Saugers are pretty simple and can be fished right now if the conditions are OK. We went a few days before Christmas on the Ohio, but only managed a few fish. I like fishing below the dams from a boat, vertical jigging. The locks sides seem to be the easiest to fish, hold good numbers, and few snags. There are fish in the tailraces, but the fishing is usually tougher and there are lots of snags. I say I like vertical "jigging," but the truth is, there's not much jigging involved. Basically drop your jig to the bottom, I like 1/8 or 1/4oz heads with 2" grubs on UL spinning gear to start, and very slightly lift the jig to maybe 12-15" off the bottom and let it fall on tension so you can feel a strike. I get a kick out of what I call the "power-jiggers" ripping their baits off the bottom 4' with each rod lift with an outfit big enough to handle a 15lb catfish...they catch a few, I'll give them that, but subtle jigging and keeping your bait close to the bottom will get you a lot more fish. When the bite is slow on jigs/grubs, tip with a minnow, and be prepared to run a stinger hook in the tail of the minnows. Saugers are notorious short strikers, in my experience. Strikes can be as subtle as added weight or as obvious as a solid thump.

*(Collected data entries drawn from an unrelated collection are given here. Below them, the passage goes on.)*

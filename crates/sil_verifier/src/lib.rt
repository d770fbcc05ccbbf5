//! Which modules keep the rules, and of one that doesn't the first refusal: the checks, in their order.
//! How a rule is decided, and how a refusal is written, isn't said here.
#![tactic(auto)]

mod checked;
mod lowered;
mod refusal;
mod reports;
mod types;
mod typing;
mod values;
mod verifier;

pub use checked::Checked;
pub use refusal::Refusal;
pub use verifier::{VerifyEnd, verify};
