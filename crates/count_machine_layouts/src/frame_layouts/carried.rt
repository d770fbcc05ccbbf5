//! What is carried along an edge, or to a function that is called.

ghost use Rattle.std.specs.Prelude.{◌≡◌, IfOk, map, slice_get};
ghost use Rattle.std.specs.Option.{option_copied};
ghost use Rattle.sil_cfg_items.specs.Items.{arg_value};
ghost use Rattle.holder_model_typing.specs.holder_model.RunTyping.EndForms.{value_in};
ghost use Rattle.sil_ast.specs.declared.function.Function.{Function};
ghost use Rattle.sil_types_declarations.specs.TypeDefinitions.Declarations.{Declarations};
ghost use Rattle.count_machine_model.specs.ReadyCode.Layout as spec;
ghost use Rattle.count_machine_layouts.specs.FrameLayouts.inner.Carried.{address_between, value_between};
ghost use Rattle.count_machine_layouts.specs.FrameLayouts.inner.Layouts.{layout_of};

use crate::frame_layouts::layout::{Kept, Layout};
use count_machine_model::{Carry, CarryAddress};
use sil_ast::{BlockArg, Exhausted, List, Operand};
use std::alloc::Global;

/// The argument with this number.
fn arg_at(args: &[BlockArg], k: usize) -> Option<&BlockArg>
    ensures { option_copied result ≡ slice_get args.now k }
{
    args.get(k)
}

/// The value of an operand, if it has leaves, to an argument, if there is one.
fn value_carried(
    from: &Layout,
    to: &Layout,
    operand: &Operand,
    arg: Option<&BlockArg>,
) -> Option<Carry>
    ensures { result ≡ value_between from.now to.now operand.now (option_copied arg.entry) }
{
    match (from.kept(operand.value), arg) {
        (Kept::Leaves(_), Some(arg)) => Some(Carry {
            from: from.local(operand.value),
            to: to.local(arg.value),
        }),
        _ => None,
    }
}

/// The value of an operand, if it is an address, to an argument, if there is one.
fn address_carried(
    from: &Layout,
    to: &Layout,
    operand: &Operand,
    arg: Option<&BlockArg>,
) -> Option<CarryAddress>
    ensures { result ≡ address_between from.now to.now operand.now (option_copied arg.entry) }
{
    match (from.kept(operand.value), arg) {
        (Kept::Address { .. }, Some(arg)) => Some(CarryAddress {
            from: from.address(operand.value),
            to: to.address(arg.value),
        }),
        _ => None,
    }
}

/// Of some operands the values that are carried to as many arguments.
pub fn values_carried(
    alloc: Global,
    from: &Layout,
    to: &Layout,
    operands: &[Operand],
    args: &[BlockArg],
) -> Result<List<Carry>, Exhausted>
    ensures { (d : Declarations) (f g : Function) → from.now ≡ layout_of d f → to.now ≡ layout_of d g
        → IfOk result (λ values. values ≡ spec.values_carried d f g (map value_in operands.now) (map arg_value args.now)) }
{
    let mut values = List::with_capacity(alloc, operands.len())?;
    for (k, operand) in operands.iter().enumerate() {
        if let Some(carry) = value_carried(from, to, operand, arg_at(args, k)) {
            values.push(carry)?;
        }
    }
    Ok(values)
}

/// Of some operands the addresses that are handed to as many arguments.
pub fn addresses_carried(
    alloc: Global,
    from: &Layout,
    to: &Layout,
    operands: &[Operand],
    args: &[BlockArg],
) -> Result<List<CarryAddress>, Exhausted>
    ensures { (d : Declarations) (f g : Function) → from.now ≡ layout_of d f → to.now ≡ layout_of d g
        → IfOk result (λ addresses. addresses ≡ spec.addresses_carried d f g (map value_in operands.now) (map arg_value args.now)) }
{
    let mut addresses = List::new(alloc);
    for (k, operand) in operands.iter().enumerate() {
        if let Some(carry) = address_carried(from, to, operand, arg_at(args, k)) {
            addresses.push(carry)?;
        }
    }
    Ok(addresses)
}
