//! The first fault of typing: one of 201 to 212, or 207 at a function that has a body and no `[ossa]`.

ghost use Rattle.std.specs.Prelude.{◌≡◌, IfOk, IfSome};
ghost use Rattle.numbered_form.specs.inner.NumberedForm.{IsNumbered};
ghost use Rattle.sil_ast.specs.declared.module.Module.{Module};
ghost use Rattle.sil_rules.specs.Order.{IsEarlier, IsFirst};
ghost use Rattle.type_check.specs.Refusals.{IsBroken, fault_key};
ghost use Rattle.sil_types_declarations.specs.TypeDefinitions.Rules.{AreDeclarationsOf};
ghost use Rattle.sil_verifier.specs.inner.Lowered as lowering;
ghost use Rattle.sil_verifier_accepted.specs.AcceptedModules.Refusals.{IsLowered, IsWrong};

use crate::lowered::first_lowered;
use sil_ast::{Exhausted, Module};
use sil_types::TypeTable;
use std::alloc::Global;
use type_check::{CheckRefusal, TypingFault, check};

/// The first of 201 to 212 that is broken.
fn first_broken(
    alloc: Global,
    m: &Module,
    table: &TypeTable,
) -> Result<Option<TypingFault>, Exhausted>
    requires numbered { IsNumbered m.now }
    requires table { AreDeclarationsOf table.now m.now }
    ensures { IfOk result (IsFirst fault_key (IsBroken m.now)) }
{
    match check(alloc, m, table) {
        Ok(()) => Ok(None),
        Err(
            CheckRefusal::Rule {
                rule,
                function,
                point,
                vtable,
            },
        ) => Ok(Some(TypingFault {
            rule,
            function,
            point,
            vtable,
        })),
        Err(CheckRefusal::Memory) => Err(Exhausted),
    }
}

/// Whether the broken rule comes before the function without `[ossa]`, by their places and rules.
fn is_before(broken: TypingFault, lowered: TypingFault) -> bool
    ensures { result ≡ lowering.is_before broken lowered }
{
    match (broken.function, lowered.function) {
        (Some(one), Some(other)) => {
            one.0 < other.0
                || (one.0 == other.0
                    && broken.point.is_none()
                    && broken.rule.number() <= lowered.rule.number())
        }
        _ => false,
    }
}

/// The one that comes first.
fn earlier(broken: Option<TypingFault>, lowered: Option<TypingFault>) -> Option<TypingFault>
    ensures { (m : Module) → IfSome broken (IsBroken m) → IfSome lowered (IsLowered m) → IsEarlier fault_key broken lowered result }
{
    match (broken, lowered) {
        (None, other) => other,
        (Some(one), None) => Some(one),
        (Some(one), Some(other)) => {
            if is_before(one, other) {
                Some(one)
            } else {
                Some(other)
            }
        }
    }
}

/// The first fault of the module's typing, or none.
pub(crate) fn first_fault(
    alloc: Global,
    m: &Module,
    table: &TypeTable,
) -> Result<Option<TypingFault>, Exhausted>
    requires numbered { IsNumbered m.now }
    requires table { AreDeclarationsOf table.now m.now }
    ensures { IfOk result (IsFirst fault_key (IsWrong m.now)) }
{
    let broken = first_broken(alloc, m, table)?;
    Ok(earlier(broken, first_lowered(m)))
}
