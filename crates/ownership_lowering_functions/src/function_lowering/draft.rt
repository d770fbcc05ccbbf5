//! Instructions of lowered code before their values have new numbers.

use instruction_table::Op;
use sil_ast::{Inst, Operand, Qualifier, Text, TypeName, ValueId};

/// An instruction of lowered code, in the old names of values. What it is made of stays in the module that is lowered.
#[derive(Clone, Copy)]
pub(crate) enum Draft<'a> {
    /// An instruction of the module, under this name and with this word.
    Kept {
        inst: &'a Inst,
        op: Op,
        qualifier: Qualifier,
    },
    /// A retain or a release.
    Counted {
        op: Op,
        value: ValueId,
        ty: Option<&'a TypeName>,
    },
    /// A load of what a place holds.
    Loaded {
        place: &'a Operand,
        result: ValueId,
    },
    /// The field of a struct.
    Field {
        whole: &'a Operand,
        owner: &'a Text,
        name: &'a Text,
        result: ValueId,
    },
    /// The element of a tuple with this number, from 0.
    Element {
        whole: &'a Operand,
        number: i64,
        result: ValueId,
    },
}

And on a side note, if you are on the Ohio River, don't expect to see a ton of walleye. I do this every winter/spring, and walleyes are rare. I think between my fishing buddy and I we caught less than 10 walleyes last year and hundreds and hundreds of sauger. Saugeyes are also not that common, expect 80-90% of the Ohio River fish to be saugers.


----------



## ironman172

if not thru the ice as soon as the ice is gone...middle of march and on...off the rocks at Hoover or Alum Dams for central Ohio...shortly before dark....I've been there casting a lure and the next cast was on top of the ice...just that quick the lake skinned over with ice....well time to go!!!....you will know form all the people there!! thats when the old state record was caught from Alum Creek 12.84lbs....before it was broke at Antrim lake..14 lbs


----------



## Mr. Moony

below any dam or creek mouth along the ohio river,jig and minnow.feb.starts some fantastic action!!!!


----------



## musikman43155

I'll probably mostly be @ Lake Logan. Any good info tips on saugeye fishing there?


----------



## Fish Assassin

I agree that sauger are the majority of the fish that is caught on the river. If February is any better than November and December then it is going to be awesome. I have caught several 3 pounders already.


----------



## Mr. Moony

as things start to warm a little and get a little rain and melt off things really start to pick up on the river.once you learn where to fish during high water periods this place is hard to beat.but one must remember the big o is a major river,she is in constant change,once you learn to deal with this constant change you can have some real good times.as long as the weather stays some what mild she should really start to fire up.


----------



## ironman172

musikman43155 said:


> I'll probably mostly be @ Lake Logan. Any good info tips on saugeye fishing there?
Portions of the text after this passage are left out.